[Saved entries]
= Beginning of Section =

//! The calls of a line, each a search over a rule set.
use crate::by_solver::Task;
use crate::counting::counted;
use crate::ends::{count, word};
use crate::searching::{
    cached, calls_of, is_covered, is_fitting, is_without_domains, kept, lemmas_of, searched,
};
use rx_term::RuleSet;
use std::alloc::Global;
use test_lines::equation;

/// A depth is at most this.
const MOST_DEEP: u32 = 12;

// The goal, the depth and the budget.
fn task(alloc: Global, goal: &str, depth: &str, budget: &str) -> Option<Task> {
    Some(Task {
        goal: equation(alloc, goal)?,
        depth: depth.parse().ok()?,
        budget: budget.parse().ok()?,
    })
}

// What a call that searches comes to; none where nothing covers the set, the goal doesn't fit it,
// or the depth is too great.
fn after(alloc: Global, set: &RuleSet, call: &str, task: &Task) -> Option<Vec<u8>> {
    if task.depth > MOST_DEEP || !is_fitting(set, &task.goal) || !is_without_domains(set) {
        return None;
    }
    if !is_covered(alloc, set) {
        return None;
    }
    match call {
        "search" => searched(alloc, set, task),
        "cached" => cached(alloc, set, task),
        "kept" => kept(alloc, set, task),
        "finds" => count(alloc, lemmas_of(alloc, set, task)?),
        _ => None,
    }
}

// How often a search asks the refuter.
fn calls(alloc: Global, set: &RuleSet, task: &Task) -> Option<u64> {
    if task.depth > MOST_DEEP || !is_fitting(set, &task.goal) || !is_without_domains(set) {
        return None;
    }
    if !is_covered(alloc, set) {
        return None;
    }
    calls_of(alloc, set, task)
}

// How often a search for the goal to the depth asks the refuter.
fn calls_to(alloc: Global, set: &RuleSet, goal: &str, depth: &str, budget: &str) -> Option<u64> {
    calls(alloc, set, &task(alloc, goal, depth, budget)?)
}

// Whether a search to the second depth asks the refuter as often as one to the first, more often,
// or less, both within the budget that follows.
fn asked(alloc: Global, set: &RuleSet, goal: &str, effort: &str) -> Option<Vec<u8>> {
    let (first, rest) = effort.split_once(' ')?;
    let (second, budget) = rest.split_once(' ')?;
    let before = calls_to(alloc, set, goal, first, budget)?;
    let after = calls_to(alloc, set, goal, second, budget)?;
    if after < before {
        word(alloc, b"fewer")
    } else if after == before {
        word(alloc, b"same")
    } else {
        word(alloc, b"more")
    }
}

/// What the call answers for the equation and the effort that are given: `search`, `cached`, `kept`
/// and `finds` to a depth and within a budget, `asks` to two depths and within a budget. `counts`
/// is given a tree that counts its own calls, a depth, a budget and how many nodes are kept.
pub fn answer(alloc: Global, set: &RuleSet, call: &str, given: &str) -> Option<Vec<u8>> {
    if call == "counts" {
        return counted(alloc, given);
    }
    let (goal, effort) = given.split_once(" | ")?;
    if call == "asks" {
        return asked(alloc, set, goal, effort);
    }
    let (depth, budget) = effort.split_once(' ')?;
    after(alloc, set, call, &task(alloc, goal, depth, budget)?)
}
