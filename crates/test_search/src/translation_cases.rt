//! The rule set of two functions, and of one alone.
use crate::programs::division;
use c_ast::Integers;
use rx_translate::{Translation, rules_of};
use std::alloc::Global;

// How many symbols and rules there are, and the first symbols of both functions.
fn sizes(t: &Translation) -> (usize, usize, u32, u32) {
    let symbols = t.rules.symbols().len();
    (symbols, t.rules.rules().len(), t.first.0, t.second.0)
}

// A division that may fail: five symbols, six rules.
#[tactic(auto, using(crate::proofs::Samples::division_scoped, crate::proofs::Samples::division_count))]
fn failing(alloc: Global) -> Option<bool> {
    let program = division(alloc)?;
    let made = rules_of(alloc, Integers::Unbounded, &program, 0, 1).ok()?;
    Some(sizes(&made) == (5, 6, 0, 3))
}

// The second function calls nothing: its entry, its end, and a rule of each.
#[tactic(auto, using(crate::proofs::Samples::division_scoped, crate::proofs::Samples::division_count))]
fn alone(alloc: Global) -> Option<bool> {
    let program = division(alloc)?;
    let made = rules_of(alloc, Integers::Unbounded, &program, 1, 1).ok()?;
    Some(sizes(&made) == (2, 2, 0, 0))
}

/// Whether the case is as it is to be.
pub fn holds(alloc: Global, name: &str) -> Option<bool> {
    match name {
        "two" => failing(alloc),
        "alone" => alone(alloc),
        _ => None,
    }
}
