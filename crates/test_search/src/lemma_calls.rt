//! Lemmas of a goal: the goal with its constants named, and those that drop or replace values.
use crate::lemma_answer::ended;
use rx_fm::FmEnd;
use rx_lemma::{Generalised, LemmaKind, lemmas, named};
use rx_pairs::loops_of;
use rx_plain::NoMemory;
use rx_row::Constraint;
use rx_solve::refutes;
use rx_term::{Equation, RuleSet};
use rx_text::{push_natural, push_word};
use rx_words::push_subst;
use std::alloc::Global;
use test_lines::{Answer, equation, nothing, push_goal, push_list, written};

/// There are no more symbols than this.
const MOST_SYMBOLS: usize = 1 << 32;

// The number of the choice by which a search takes the lemma.
fn choice_of(kind: LemmaKind) -> u32 {
    match kind {
        LemmaKind::NameConstants => 0,
        LemmaKind::DropValues => 6,
        LemmaKind::ReplaceRepeated => 7,
    }
}

// The choice, the new goal, and what makes it into the old one.
fn push_lemma(lemma: &Generalised, out: &mut Vec<u8>) -> Result<(), NoMemory> {
    push_natural(out, choice_of(lemma.kind))?;
    push_word(out, b" ")?;
    push_goal(&lemma.goal, out)?;
    push_word(out, b" ")?;
    push_subst(lemma.subst.as_slice(), out)
}

// The goal with its constants named.
fn naming_of(alloc: Global, set: &RuleSet, goal: &Equation) -> Option<Answer> {
    let parts = set.parts();
    if parts.symbols.len() > MOST_SYMBOLS {
        return None;
    }
    let loops = loops_of(alloc, parts).ok()?;
    match named(alloc, goal, set, &loops) {
        Ok(Some(found)) => written(alloc, |out| push_lemma(&found, out)),
        Ok(None) => nothing(),
        Err(end) => ended(FmEnd::from(end)),
    }
}

// Lemmas in order.
fn listed(alloc: Global, lemmas: &[Generalised]) -> Option<Answer> {
    written(alloc, |out| push_list(lemmas, out, push_lemma))
}

// The lemmas of a goal.
fn lemmas_of(alloc: Global, set: &RuleSet, goal: &Equation) -> Option<Answer> {
    let mut solve = |rows: &Constraint| refutes(alloc, rows);
    match lemmas(alloc, goal, set, &mut solve) {
        Ok(found) => listed(alloc, found.as_slice()),
        Err(end) => ended(end),
    }
}

/// What the call on a goal answers; none where the line can't be read, or there is no memory.
pub fn answer_to(alloc: Global, set: &RuleSet, call: &str, goal: &str) -> Option<Answer> {
    let goal = equation(alloc, goal)?;
    match call {
        "named" => naming_of(alloc, set, &goal),
        "lemmas" => lemmas_of(alloc, set, &goal),
        _ => None,
    }
}
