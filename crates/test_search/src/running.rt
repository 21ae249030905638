//! Rules run on integers, one step after the other.
use rx_plain::Items;
use rx_poly::Poly;
use rx_row::Row;
use rx_term::{Rule, RuleSet, Sym, Term};
use std::alloc::Global;
use test_lines::{Answer, numbers_of, parted};

/// How many steps a run takes at most.
const MOST_STEPS: u32 = 100_000;

// Whether the row holds, where its polynomial is a number.
fn holds(row: &Row) -> Option<bool> {
    let number = row.poly().is_constant()?;
    match row {
        Row::Ge(_) => Some(number >= 0),
        Row::Eq(_) => Some(number == 0),
        Row::Ne(_) => Some(number != 0),
    }
}

// Whether the row holds of these numbers.
fn holds_at(alloc: Global, row: &Row, args: &[Poly]) -> Option<bool> {
    let row = row.at_args(alloc, args).ok()?;
    holds(&row)
}

// Whether the rule applies to a redex with these numbers.
fn applies(alloc: Global, rule: &Rule, redex: &Term, args: &[Poly]) -> Option<bool> {
    if !redex.has_shape_of(&rule.left) {
        return Some(false);
    }
    for row in rule.rows.rows() {
        if !holds_at(alloc, row, args)? {
            return Some(false);
        }
    }
    Some(true)
}

// What is in place of a redex by the first rule that applies.
fn stepped(alloc: Global, set: &RuleSet, redex: &Term) -> Option<Term> {
    let args = redex.arguments(alloc).ok()?;
    for rule in set.rules() {
        if applies(alloc, rule, redex, args.as_slice())? {
            return rule.right.at_args(alloc, args.as_slice()).ok();
        }
    }
    None
}

// What the term comes to; none where it takes too many steps, or there is no memory.
fn run(alloc: Global, set: &RuleSet, start: Term) -> Option<Term> {
    let mut term = start;
    for _ in 0..MOST_STEPS {
        let next = match term.redex() {
            Some(redex) => stepped(alloc, set, redex)?,
            None => return Some(term),
        };
        term = term.replace_redex(next);
    }
    None
}

fn polynomials(alloc: Global, integers: &[i128]) -> Option<Items<Poly>> {
    let mut polys = Items::new(alloc);
    for integer in integers {
        let poly = Poly::constant(alloc, *integer).ok()?;
        polys.push(poly).ok()?;
    }
    Some(polys)
}

// The integers of a text as polynomials.
fn numbers(alloc: Global, text: &str) -> Option<Items<Poly>> {
    let integers = numbers_of(alloc, text)?;
    polynomials(alloc, &integers)
}

// The integer that the term is, or the error: `div0` by its code 1, `range` by another.
fn result_of(term: &Term) -> Answer {
    match term {
        Term::Return(value) => match value.is_constant() {
            Some(number) => Answer::Number(number),
            None => Answer::Word("open"),
        },
        Term::Fail(1) => Answer::Word("div0"),
        Term::Fail(_) => Answer::Word("range"),
        Term::Call(_, _) | Term::Frame(_, _, _) => Answer::Word("unfinished"),
    }
}

/// What the call of a symbol, by its number, comes to with the integers after it: an integer,
/// `div0`, or `range`.
pub fn ran(alloc: Global, set: &RuleSet, given: &str) -> Option<Answer> {
    let (symbol, integers) = parted(given, " ");
    let symbol = Sym(symbol.parse().ok()?);
    let end = run(alloc, set, Term::Call(symbol, numbers(alloc, integers)?))?;
    Some(result_of(&end))
}
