//! A rule set as text: words with a space between them, a list after its number of elements.
use rx_plain::NoMemory;
use rx_term::SymInfo;
use rx_text::{push_natural, push_word};
use rx_translate::Translation;
use test_lines::{push_list, push_rule};

// A letter, where the symbol is what the letter says.
fn push_letter(is: bool, letter: &[u8], out: &mut Vec<u8>) -> Result<(), NoMemory> {
    if is { push_word(out, letter) } else { Ok(()) }
}

// How many arguments the symbol has, then `f` for a frame, `e` for an entry, `h` for a loop's head.
fn push_symbol(info: &SymInfo, out: &mut Vec<u8>) -> Result<(), NoMemory> {
    push_natural(out, info.arity)?;
    push_letter(info.frame, b"f", out)?;
    push_letter(info.entry, b"e", out)?;
    push_letter(info.head, b"h", out)
}

// The numbers of both entries.
fn push_entries(translation: &Translation, out: &mut Vec<u8>) -> Result<(), NoMemory> {
    push_natural(out, translation.first.0)?;
    push_word(out, b" ")?;
    push_natural(out, translation.second.0)
}

/// The entries of both functions, the symbols and the rules.
pub fn push_translation(translation: &Translation, out: &mut Vec<u8>) -> Result<(), NoMemory> {
    push_entries(translation, out)?;
    push_word(out, b" ")?;
    push_list(translation.rules.symbols(), out, push_symbol)?;
    push_word(out, b" ")?;
    push_list(
        translation.rules.rules(),
        out,
        |rule, out| push_rule(rule, out),
    )
}
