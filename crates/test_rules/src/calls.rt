//! What is read of a text, and whether it is written as the same bytes again.
use rx_plain::Items;
use rx_rulefile::{RuleEnd, read_rules, write_rules};
use std::alloc::Global;
use test_lines::{Answer, bytes_of};

/// The text of which lines speak.
#[derive(Drop)]
pub struct Texts {
    kept: Vec<u8>,
}

// A word with a number.
fn numbered(alloc: Global, word: &str, number: usize) -> Option<Answer> {
    let text = format!(in alloc; "{word} {number}").ok()?;
    Some(Answer::Text(text.into_bytes()))
}

// Whether both are the same bytes.
fn told_same(text: &[u8], again: &Items<u8>) -> Option<Answer> {
    if again.as_slice() == text {
        Some(Answer::Word("same"))
    } else {
        Some(Answer::Word("another"))
    }
}

// What reading the text answers.
fn answer_of(alloc: Global, text: &[u8]) -> Option<Answer> {
    match read_rules(alloc, text) {
        Ok((rules, goal)) => {
            let again = write_rules(alloc, &rules, &goal).ok()?;
            told_same(text, &again)
        }
        Err(RuleEnd::BadLine { line }) => numbered(alloc, "line", line),
        Err(RuleEnd::NotMade { rule }) => numbered(alloc, "rule", rule),
        Err(RuleEnd::NoMemory) => None,
    }
}

// The text of so many symbols without rules.
fn symbols_text(alloc: Global, count: u32) -> Option<Vec<u8>> {
    let mut text = String::from_str(alloc, "ctrl-rules 1\nfails 0\n").ok()?;
    for number in 0..count {
        write!(text, "symbol s{number} 0 point\n").ok()?;
    }
    write!(text, "equation ret(0) ret(0) 0\nEND\n").ok()?;
    Some(text.into_bytes())
}

impl Texts {
    /// No text yet.
    pub fn new(alloc: Global) -> Texts {
        Texts {
            kept: Vec::new(alloc),
        }
    }

    /// Keeps the text of which the next lines speak.
    pub fn keep(&mut self, alloc: Global, text: &str) -> Option<()> {
        self.kept = bytes_of(alloc, text)?;
        Some(())
    }

    // The first bytes of the text.
    fn cut(&self, alloc: Global, given: &str) -> Option<Answer> {
        let count: usize = given.parse().ok()?;
        answer_of(alloc, self.kept.as_slice().get(..count)?)
    }

    // The text with another byte at a place.
    fn changed(&self, alloc: Global, given: &str) -> Option<Answer> {
        let (place, byte) = given.split_once(' ')?;
        let place: usize = place.parse().ok()?;
        let mut text = self.kept.clone().ok()?;
        *text.get_mut(place)? = byte.parse().ok()?;
        answer_of(alloc, text.as_slice())
    }

    /// What the call answers; none where it can't be read, or there is no memory.
    pub fn answer_to(&self, alloc: Global, call: &str, given: &str) -> Option<Answer> {
        match call {
            "read" => answer_of(alloc, bytes_of(alloc, given)?.as_slice()),
            "cut" => self.cut(alloc, given),
            "byte" => self.changed(alloc, given),
            "symbols" => answer_of(alloc, symbols_text(alloc, given.parse().ok()?)?.as_slice()),
            _ => None,
        }
    }
}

= End of Section =

▶ **Exercise prompt**
Proceeding from the line containing "filename crates/test_rules/src/calls.rt" through the line containing "fn told_same(text: &[u8], again: &Items<u8>)", transcribe the lines above exactly, both end lines included.

▶ **Response**
filename crates/test_rules/src/calls.rt
//! What is read of a text, and whether it is written as the same bytes again.
use rx_plain::Items;
use rx_rulefile::{RuleEnd, read_rules, write_rules};
use std::alloc::Global;
use test_lines::{Answer, bytes_of};

/// The text of which lines speak.
#[derive(Drop)]
pub struct Texts {
    kept: Vec<u8>,
}

// A word with a number.
fn numbered(alloc: Global, word: &str, number: usize) -> Option<Answer> {
    let text = format!(in alloc; "{word} {number}").ok()?;
    Some(Answer::Text(text.into_bytes()))
}

// Whether both are the same bytes.
fn told_same(text: &[u8], again: &Items<u8>) -> Option<Answer> {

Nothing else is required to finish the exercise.